*WHAT YOU SHOULD DO:*
One line at a time, check the entries below for the word "matches", and copy each line that has it.

*Stored items from a collection:*
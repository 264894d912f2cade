//! What instructions leave: values of registers, and flags.

ghost use Rattle.std.specs.Prelude.{◌≡◌, if◌then◌else◌};
ghost use Rattle.tz_regs.specs.Registers.{with_n_and_z, with_reg, with_reg_stacks};
ghost use Rattle.tz_sem.specs.Alu.{flags_by, sets_flags};

use tz_model::Flags;
use tz_regs::{Registers, Stacks};
use tz_sem::Computed;

/// Writes R0 to R12, SP or LR. SP isn't compared with its limit.
pub(crate) fn put(registers: &mut Registers, own: &mut Stacks, rd: u8, value: u32)
    ensures registers { registers.new ≡ with_reg registers.old rd value }
    ensures stacks { own.new ≡ with_reg_stacks registers.old.ipsr own.old rd value }
{
    own.set_reg(registers.ipsr, rd, value);
    registers.set_reg(rd, value);
}

/// Whether an instruction sets the flags.
fn is_setting(registers: &Registers, flags: Flags) -> bool
    ensures { result ≡ sets_flags flags registers.now }
{
    match flags {
        Flags::Never => false,
        Flags::Always => true,
        Flags::OutsideIt => !registers.in_it_block(),
    }
}

/// Sets N, Z, C and V by an operation, where its instruction sets the flags.
pub(crate) fn set_flags(registers: &mut Registers, flags: Flags, by: &Computed)
    ensures { registers.new ≡ record registers.old { apsr = if sets_flags flags registers.old then flags_by by.now registers.old.apsr else registers.old.apsr } }
{
    if is_setting(registers, flags) {
        registers.apsr.tell(by.value);
        registers.apsr.c = by.carry;
        registers.apsr.v = by.overflow;
    }
}

/// Tells a product in N and Z, where its instruction sets the flags.
pub(crate) fn tell_product(registers: &mut Registers, flags: Flags, value: u32)
    ensures { registers.new ≡ record registers.old { apsr = if sets_flags flags registers.old then with_n_and_z value registers.old.apsr else registers.old.apsr } }
{
    if is_setting(registers, flags) {
        registers.apsr.tell(value);
    }
}
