//! Logical operations and sums, with a constant or a shifted register as the second operand.

ghost use Rattle.std.specs.Prelude.{◌≡◌, ℕ, Bool, ◌&&◌, ◌==◌, nat_lt, unwrap_or};
ghost use Rattle.tz_bits.specs.Shifts.{shifted, carry_after};
ghost use Rattle.tz_bits.specs.Constants.{imm_of};
ghost use Rattle.tz_regs.specs.Registers.{pointer_limit_of};
ghost use Rattle.tz_sem.specs.Alu.{places as places_of, is_comparison as compares, is_limited as limits, concluded, operated, finish_constant, finish_register, finish_shift, finish_add_wide};
ghost use Rattle.tz_alu.specs.Part.{part, left};

use crate::operations::compute;
use crate::results::{put, set_flags};
use tz_bits::{expand_imm_c, shift_c};
use tz_model::{DataOp, Fault, Flags, Outcome, Shift, Side};
use tz_regs::{Registers, Stacks};
use tz_sem::Computed;

/// The places of a shift; RRX moves by one.
fn places(kind: Shift, amount: u8) -> u32
    ensures { result ≡ places_of kind amount }
{
    match kind {
        Shift::Rrx => 1,
        _ => u32::from(amount),
    }
}

/// A value after a shift, with the carry that it leaves.
pub(crate) fn shift(value: u32, kind: Shift, amount: u8, carry: bool) -> (u32, bool)
    ensures { result ≡ (shifted value kind (places_of kind amount) carry, carry_after value kind (places_of kind amount) carry) }
{
    shift_c(value, kind, places(kind, amount), carry)
}

/// A constant with its carry; bits of no code count as 0.
#[inline(always)]
fn constant(imm12: u16, carry: bool) -> (u32, bool)
    ensures { result ≡ unwrap_or (imm_of imm12 carry) (0, carry) }
{
    // Most constants are a byte.
    if imm12 < 0x100 {
        return (u32::from(imm12), carry);
    }
    expand_imm_c(imm12, carry).unwrap_or((0, carry))
}

/// Whether an operation gives no register a value.
fn is_comparison(op: DataOp) -> bool
    ensures { result ≡ compares op }
{
    matches!(op, DataOp::Tst | DataOp::Teq | DataOp::Cmn | DataOp::Cmp)
}

/// Whether SP, as a destination, is compared with its limit.
fn is_limited(op: DataOp) -> bool
    ensures { result ≡ limits op }
{
    matches!(op, DataOp::Add | DataOp::Sub)
}

/// Whether a result is an SP below its limit.
fn is_below_limit(registers: &Registers, own: &Stacks, op: DataOp, rd: u8, value: u32) -> bool
    ensures { result ≡ (rd == 13 && limits op && nat_lt value (pointer_limit_of registers.now.ipsr own.now)) }
{
    rd == 13 && is_limited(op) && value < own.limit(registers.ipsr)
}

/// Sets the flags by the result of an operation and gives the destination its value: a write of PC is a
/// plain branch, and a sum doesn't take SP below its limit.
fn conclude(
    side: Side,
    registers: &mut Registers,
    own: &mut Stacks,
    op: DataOp,
    flags: Flags,
    rd: u8,
    by: &Computed,
) -> Result<Outcome, Fault>
    ensures { (ccr : ℕ) → left side ccr registers.old own.old (concluded op flags rd by.now) ≡ (part side ccr registers.new own.new, result) }
{
    if is_comparison(op) {
        set_flags(registers, flags, by);
        Ok(Outcome::Next)
    } else if rd < 13 {
        // most destinations, told apart from SP, LR and PC by one test
        set_flags(registers, flags, by);
        registers.general[usize::from(rd)] = by.value;
        Ok(Outcome::Next)
    } else if rd == 15 {
        set_flags(registers, flags, by);
        Ok(Outcome::Jump(by.value / 2 * 2))
    } else if is_below_limit(registers, own, op, rd, by.value) {
        Err(Fault::StackLimit(side))
    } else {
        set_flags(registers, flags, by);
        put(registers, own, rd, by.value);
        Ok(Outcome::Next)
    }
}

/// An operation on two words, of which the second left a carry.
fn operate(
    side: Side,
    registers: &mut Registers,
    own: &mut Stacks,
    op: DataOp,
    flags: Flags,
    rd: u8,
    x: u32,
    second: (u32, bool),
) -> Result<Outcome, Fault>
    ensures { (ccr : ℕ) → left side ccr registers.old own.old (operated op flags rd x second.0 second.1) ≡ (part side ccr registers.new own.new, result) }
{
    let (y, carry) = second;
    let by = compute(op, x, y, carry, registers.apsr.c, registers.apsr.v);
    conclude(side, registers, own, op, flags, rd, &by)
}

/// An operation on a register and a constant. It and the next are compiled into the step, as `run` is.
#[inline(always)]
pub(crate) fn with_constant(
    side: Side,
    registers: &mut Registers,
    own: &mut Stacks,
    op: DataOp,
    flags: Flags,
    rd: u8,
    rn: u8,
    imm12: u16,
) -> Result<Outcome, Fault>
    ensures { (ccr : ℕ) → left side ccr registers.old own.old (finish_constant op flags rd rn imm12) ≡ (part side ccr registers.new own.new, result) }
{
    let x = registers.reg(own, rn);
    let second = constant(imm12, registers.apsr.c);
    operate(side, registers, own, op, flags, rd, x, second)
}

/// An operation on a register and a shifted one.
#[inline(always)]
pub(crate) fn with_register(
    side: Side,
    registers: &mut Registers,
    own: &mut Stacks,
    op: DataOp,
    flags: Flags,
    rd: u8,
    rn: u8,
    rm: u8,
    kind: Shift,
    amount: u8,
) -> Result<Outcome, Fault>
    ensures { (ccr : ℕ) → left side ccr registers.old own.old (finish_register op flags rd rn rm kind amount) ≡ (part side ccr registers.new own.new, result) }
{
    let x = registers.reg(own, rn);
    let second = shift(registers.reg(own, rm), kind, amount, registers.apsr.c);
    operate(side, registers, own, op, flags, rd, x, second)
}

/// A shift by the low byte of a register.
pub(crate) fn shift_by_register(
    side: Side,
    registers: &mut Registers,
    own: &mut Stacks,
    kind: Shift,
    flags: Flags,
    rd: u8,
    rn: u8,
    rm: u8,
) -> Result<Outcome, Fault>
    ensures { (ccr : ℕ) → left side ccr registers.old own.old (finish_shift kind flags rd rn rm) ≡ (part side ccr registers.new own.new, result) }
{
    let amount = (registers.reg(own, rm) % 256) as u8;
    let second = shift(registers.reg(own, rn), kind, amount, registers.apsr.c);
    operate(side, registers, own, DataOp::Mov, flags, rd, 0, second)
}

/// A sum with a constant that is added or taken off as it stands.
pub(crate) fn add_wide(
    side: Side,
    registers: &mut Registers,
    own: &mut Stacks,
    sub: bool,
    rd: u8,
    rn: u8,
    imm: u16,
) -> Result<Outcome, Fault>
    ensures { (ccr : ℕ) → left side ccr registers.old own.old (finish_add_wide sub rd rn imm) ≡ (part side ccr registers.new own.new, result) }
{
    let op = if sub { DataOp::Sub } else { DataOp::Add };
    let x = registers.reg(own, rn);
    operate(
        side,
        registers,
        own,
        op,
        Flags::Never,
        rd,
        x,
        (u32::from(imm), false),
    )
}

*SOLUTION TO THIS EXERCISE:*
    matches!(op, DataOp::Tst | DataOp::Teq | DataOp::Cmn | DataOp::Cmp)
    matches!(op, DataOp::Add | DataOp::Sub)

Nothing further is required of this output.